9. Term and Termination
A. This Agreement shall commence upon the effective date and shall continue thereafter for one year, unless sooner terminated pursuant to this Section 9. This Agreement shall renew automatically for successive one year terms.
B. Actimind at its sole discretion may terminate this Agreement at the end of the prepaid period and with 30 calendar days preliminary notification to Buyer.
C. This Agreement shall terminate automatically if in accordance with Section 3-B (delayed payment) service is interrupted for more than 45 calendar days.
D. Section 1-C (ownership) and Section 6 (confidentiality) shall survive the expiration or termination of this Agreement.
10. Force Majeure
A. Neither party shall be liable in damages or have the right to terminate this Agreement for any delay or default in performing hereunder if such delay or default is caused by conditions beyond its control including, but not limited to Acts of God, Government restrictions (including the denial or cancellation of any export or other necessary license), wars, insurrections and/or any other cause beyond the reasonable control of the party whose performance is affected.
B. Neither party shall be liable for any failure or delay in performance under this Agreement (other than for delay in the payment of money due and payable hereunder) to the extent said failures or delays are proximately caused by causes beyond that party's reasonable control and occurring without its fault or negligence, including, without limitation, failure of suppliers, subcontractors, and carriers, or party to substantially meet its performance obligations under this Agreement, provided that, as a condition to the claim of non-liability, the party experiencing the difficulty shall give the other prompt written notice, with full details following the occurrence of the cause relied upon. Dates by which performance obligations are scheduled to be met will be extended for a period of time equal to the time lost due to any delay so caused.
11. No Waiver
The failure of a party to require strict performance of any provision of this Agreement by the other, or the forbearance to exercise any right or remedy, shall not be construed as a waiver by such party of any such right or remedy or preclude any other exercise thereof or the exercise of any other right or remedy.
The rights, duties and privileges of parties shall not be transferred or assigned by them, in whole or in part, without the prior mutual written consent.
13. Entire Agreement
This Agreement constitutes the entire agreement between the parties with respect to the subject matter hereof and supersedes all prior agreements, understandings, negotiations and discussions, whether written or oral.
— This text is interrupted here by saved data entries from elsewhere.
// The lines of a document's text, up to the first that breaks its form.
ghost use Rattle.std.specs.Prelude.{◌≡◌, ◌≢◌, ◌<◌, ◌^◌, ◌+◌, ◌↔◌, IsTrue, ◌++◌, ℕ, List, ◌∷◌, IfSome, IfNone, IfOk, IfErr, length, slice_index, true, false, All};
ghost use Rattle.bound_cert.specs.Lines.{Entry, IsLine, entry_of, line_text};
ghost use Rattle.bound_cert.specs.Grammar.{AreLines, IsFirstBadLine, entries_of, text_of, is_lf};
ghost use Rattle.bound_cert.specs.Errors.{IsBadAt};
ghost use Rattle.bound_cert.specs.declared.place.Place.TheVariants.{Past};
ghost use Rattle.bound_cert.specs.declared.doc_error.DocError.TheVariants.{Bad};

use crate::doc_error::DocError;
use crate::line_reading::read_line;
use crate::place::Place;
use crate::text_line::TextLine;
use std::alloc::Global;

// The lines of a document's text.
pub(crate) fn lines_of<'a>(alloc: Global, text: &'a [u8]) -> Result<Vec<TextLine<'a>>, DocError>
    ensures found { IfOk result (λ v. AreLines (entries_of v.items) × (text.now ≡ text_of (entries_of v.items))) }
    ensures bad { IfErr result (IsBadAt text.now) }
{
    let mut lines = Vec::new(alloc);
    let mut place = Place::AtTitle;
    let mut rest = text;
    while !is_past(place) {
        let Some((line, behind)) = first_line(rest) else {
            return Err(bad_line(lines.len()));
        };
        let Some(next) = place.after(&line) else {
            return Err(bad_line(lines.len()));
        };
        lines.push(line)?;
        place = next;
        rest = behind;
    }
    if !rest.is_empty() {
        return Err(bad_line(lines.len()));
    }
    Ok(lines)
}

// The line behind so many is the first that breaks the form.
fn bad_line(before: usize) -> DocError
    requires { before + 1 < 2 ^ 64 }
    ensures { result ≡ Bad (before + 1) }
{
    DocError::Bad {
        line: before as u64 + 1,
    }
}

fn is_past(place: Place) -> bool
    ensures { IsTrue result ↔ (place ≡ Past) }
{
    matches!(place, Place::Past)
}

// The first line of a text and what stands behind its LF. `None` where the text begins with no line of a document.
pub(crate) fn first_line(text: &[u8]) -> Option<(TextLine<'_>, &[u8])>
    ensures found { IfSome result (λ x. IsLine (entry_of x.0) × (text.now ≡ line_text (entry_of x.0) ++ 10 ∷ x.1.now)) }
    ensures none { IfNone result ((e : Entry) (more : List ℕ) → IsLine e → text.now ≢ line_text e ++ 10 ∷ more) }
{
    let place = first_lf(text)?;
    let line = read_line(&text[..place])?;
    Some((line, &text[place + 1..]))
}

// Where the first LF stands.
fn first_lf(text: &[u8]) -> Option<usize>
    ensures some { IfSome result (λ i. (i < length text.now) × (is_lf (slice_index text.now i) ≡ true) × ((k : ℕ) → k < i → is_lf (slice_index text.now k) ≡ false)) }
    ensures none { IfNone result (All (λ b. is_lf b ≡ false) text.now) }
{
    text.iter().position(|b| *b == b'\n')
}
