// Documents as text.
ghost use Rattle.std.specs.Prelude.{◌≡◌, ◌++◌, ◌∷◌, [], List, map, length, OnOk, IfOk};
ghost use Rattle.std.specs.List.{flat_map};
ghost use Rattle.std.specs.Fmt.{decimal};
ghost use Rattle.bound_cert.specs.Lines.{Title, Span, Answered, Branch, Leaf, Low, High, End, line_text, answer_word};
ghost use Rattle.bound_cert.specs.Grammar.{text_of};
ghost use Rattle.bound_cert.specs.Documents.{document_text, heading_entries, pins_entries, version_of, plan_entry, bound_entry, node_entries, give_entry};

use crate::document::Document;
use crate::heading::{Answer, Claimed, Heading, Pins};
use crate::multipliers::{Give, Multipliers};
use crate::node_line::NodeLine;
use seed_model::{NoMemory, Range, write_number};
use std::alloc::Global;

/// The one text of a document.
///
/// # Errors
///
/// `NoMemory` where memory runs out.
pub fn write_document(alloc: Global, document: &Document) -> Result<Vec<u8>, NoMemory>
    ensures { IfOk result (λ v. v.items ≡ document_text document.now.heading document.now.nodes) }
{
    let mut out = Vec::new(alloc);
    heading_text(&document.heading, &mut out)?;
    nodes_text(document.nodes.list(), &mut out)?;
    out.extend_from_slice(b"end\n")?;
    Ok(out)
}

/// Appends the lines of a heading: all of a document before its tree.
///
/// # Errors
///
/// `NoMemory` where memory runs out; a part of the lines may then have been appended.
pub fn heading_text(heading: &Heading, out: &mut Vec<u8>) -> Result<(), NoMemory>
    ensures { OnOk result (out.new.items ≡ out.old.items ++ text_of (heading_entries heading.now)) }
{
    push_title(&heading.pins, out)?;
    push_range(&heading.range, out)?;
    push_pins(&heading.pins, out)?;
    push_answer(heading.answer, out)?;
    push_plan(&heading.plan, out)?;
    push_bound(heading.bound, out)
}

/// Appends the lines of a node: one, and behind that of a leaf those of its gives.
///
/// # Errors
///
/// `NoMemory` where memory runs out; a part of the lines may then have been appended.
pub fn node_text(line: &NodeLine, out: &mut Vec<u8>) -> Result<(), NoMemory>
    ensures { OnOk result (out.new.items ≡ out.old.items ++ text_of (node_entries line.now)) }
{
    match line {
        NodeLine::Branch {
            file,
            first,
            second,
            alpha,
            beta,
        } => {
            out.extend_from_slice(b"branch")?;
            push_number(*file as u128, out)?;
            push_word(first.text(), out)?;
            push_word(second.text(), out)?;
            push_number(*alpha as u128, out)?;
            push_number(*beta as u128, out)?;
            Ok(out.push(b'\n')?)
        }
        NodeLine::Low => Ok(out.extend_from_slice(b"low\n")?),
        NodeLine::High => Ok(out.extend_from_slice(b"high\n")?),
        NodeLine::Leaf(multipliers) => {
            push_leaf(multipliers, out)?;
            push_gives(multipliers.gives.list(), out)
        }
    }
}

fn nodes_text(nodes: &[NodeLine], out: &mut Vec<u8>) -> Result<(), NoMemory>
    ensures { OnOk result (out.new.items ≡ out.old.items ++ text_of (flat_map node_entries nodes.now)) }
{
    for node in nodes {
        node_text(node, out)?;
    }
    Ok(())
}

fn push_title(pins: &Option<Pins>, out: &mut Vec<u8>) -> Result<(), NoMemory>
    ensures { OnOk result (out.new.items ≡ out.old.items ++ line_text (Title (version_of pins.now)) ++ 10 ∷ []) }
{
    out.extend_from_slice(b"goseed")?;
    push_number(version(pins) as u128, out)?;
    Ok(out.push(b'\n')?)
}

// The version of a document with these pins.
fn version(pins: &Option<Pins>) -> u8
    ensures { result ≡ version_of pins.now }
{
    match pins {
        None => 1,
        Some(_) => 2,
    }
}

fn push_range(range: &Range, out: &mut Vec<u8>) -> Result<(), NoMemory>
    ensures { OnOk result (out.new.items ≡ out.old.items ++ line_text (Span range.now.low range.now.high) ++ 10 ∷ []) }
{
    out.extend_from_slice(b"range")?;
    push_number(range.low as u128, out)?;
    push_number(range.high as u128, out)?;
    Ok(out.push(b'\n')?)
}

fn push_pins(pins: &Option<Pins>, out: &mut Vec<u8>) -> Result<(), NoMemory>
    ensures { OnOk result (out.new.items ≡ out.old.items ++ text_of (pins_entries pins.now)) }
{
    match pins {
        None => Ok(()),
        Some(pins) => {
            out.extend_from_slice(b"pins")?;
            push_word(pins.go.text(), out)?;
            push_word(pins.stay.text(), out)?;
            Ok(out.push(b'\n')?)
        }
    }
}

fn push_answer(answer: Answer, out: &mut Vec<u8>) -> Result<(), NoMemory>
    ensures { OnOk result (out.new.items ≡ out.old.items ++ line_text (Answered answer) ++ 10 ∷ []) }
{
    match answer {
        Answer::Optimal => Ok(out.extend_from_slice(b"answer optimal\n")?),
        Answer::Infeasible => Ok(out.extend_from_slice(b"answer infeasible\n")?),
        Answer::Open => Ok(out.extend_from_slice(b"answer open\n")?),
    }
}

fn push_plan(plan: &Option<Claimed>, out: &mut Vec<u8>) -> Result<(), NoMemory>
    ensures { OnOk result (out.new.items ≡ out.old.items ++ line_text (plan_entry plan.now) ++ 10 ∷ []) }
{
    match plan {
        None => Ok(out.extend_from_slice(b"plan none\n")?),
        Some(claimed) => {
            out.extend_from_slice(b"plan")?;
            push_word(claimed.set.text(), out)?;
            push_number(claimed.migrated as u128, out)?;
            push_number(claimed.replicated as u128, out)?;
            Ok(out.push(b'\n')?)
        }
    }
}

fn push_bound(bound: Option<u64>, out: &mut Vec<u8>) -> Result<(), NoMemory>
    ensures { OnOk result (out.new.items ≡ out.old.items ++ line_text (bound_entry bound) ++ 10 ∷ []) }
{
    match bound {
        None => Ok(out.extend_from_slice(b"bound none\n")?),
        Some(bound) => {
            out.extend_from_slice(b"bound")?;
            push_number(bound as u128, out)?;
            Ok(out.push(b'\n')?)
        }
    }
}

fn push_leaf(multipliers: &Multipliers, out: &mut Vec<u8>) -> Result<(), NoMemory>
    ensures { OnOk result (out.new.items ≡ out.old.items ++ line_text (Leaf multipliers.now.p multipliers.now.q (length multipliers.now.gives)) ++ 10 ∷ []) }
{
    out.extend_from_slice(b"bound")?;
    push_number(multipliers.p as u128, out)?;
    push_number(multipliers.q as u128, out)?;
    push_number(multipliers.gives.list().len() as u128, out)?;
    Ok(out.push(b'\n')?)
}

fn push_gives(gives: &[Give], out: &mut Vec<u8>) -> Result<(), NoMemory>
    ensures { OnOk result (out.new.items ≡ out.old.items ++ text_of (map give_entry gives.now)) }
{
    for give in gives {
        push_give(give, out)?;
    }
    Ok(())
}

fn push_give(give: &Give, out: &mut Vec<u8>) -> Result<(), NoMemory>
    ensures { OnOk result (out.new.items ≡ out.old.items ++ line_text (give_entry give.now) ++ 10 ∷ []) }
{
    out.extend_from_slice(b"give")?;
    push_number(give.class as u128, out)?;
    push_number(give.file as u128, out)?;
    push_number(give.charge, out)?;
    push_number(give.reward, out)?;
    Ok(out.push(b'\n')?)
}

// Appends a space and a word.
fn push_word(word: &[u8], out: &mut Vec<u8>) -> Result<(), NoMemory>
    ensures { OnOk result (out.new.items ≡ out.old.items ++ 32 ∷ word.now) }
{
    out.push(b' ')?;
    Ok(out.extend_from_slice(word)?)
}

// Appends a space and a number.
fn push_number(number: u128, out: &mut Vec<u8>) -> Result<(), NoMemory>
    ensures { OnOk result (out.new.items ≡ out.old.items ++ 32 ∷ decimal number) }
{
    out.push(b' ')?;
    write_number(number, out)
}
There are no conditions, covenants, agreements, representations, warranties or other provisions, express or implied, collateral, statutory or otherwise, relating to the subject matter hereof except as herein provided.
If any term of this Agreement is held by a court of competent jurisdiction to be invalid or unenforceable, then this Agreement, including all of the remaining terms, will remain in full force and effect as if such invalid or unenforceable term had never been included.
15. Governing Law
This agreement is governed by and shall be construed in accordance with the laws of the Province of Ontario without giving effect to any principles of conflicts of law.
The headings used in this Agreement are for convenience only and are not to be used in construction or interpretation.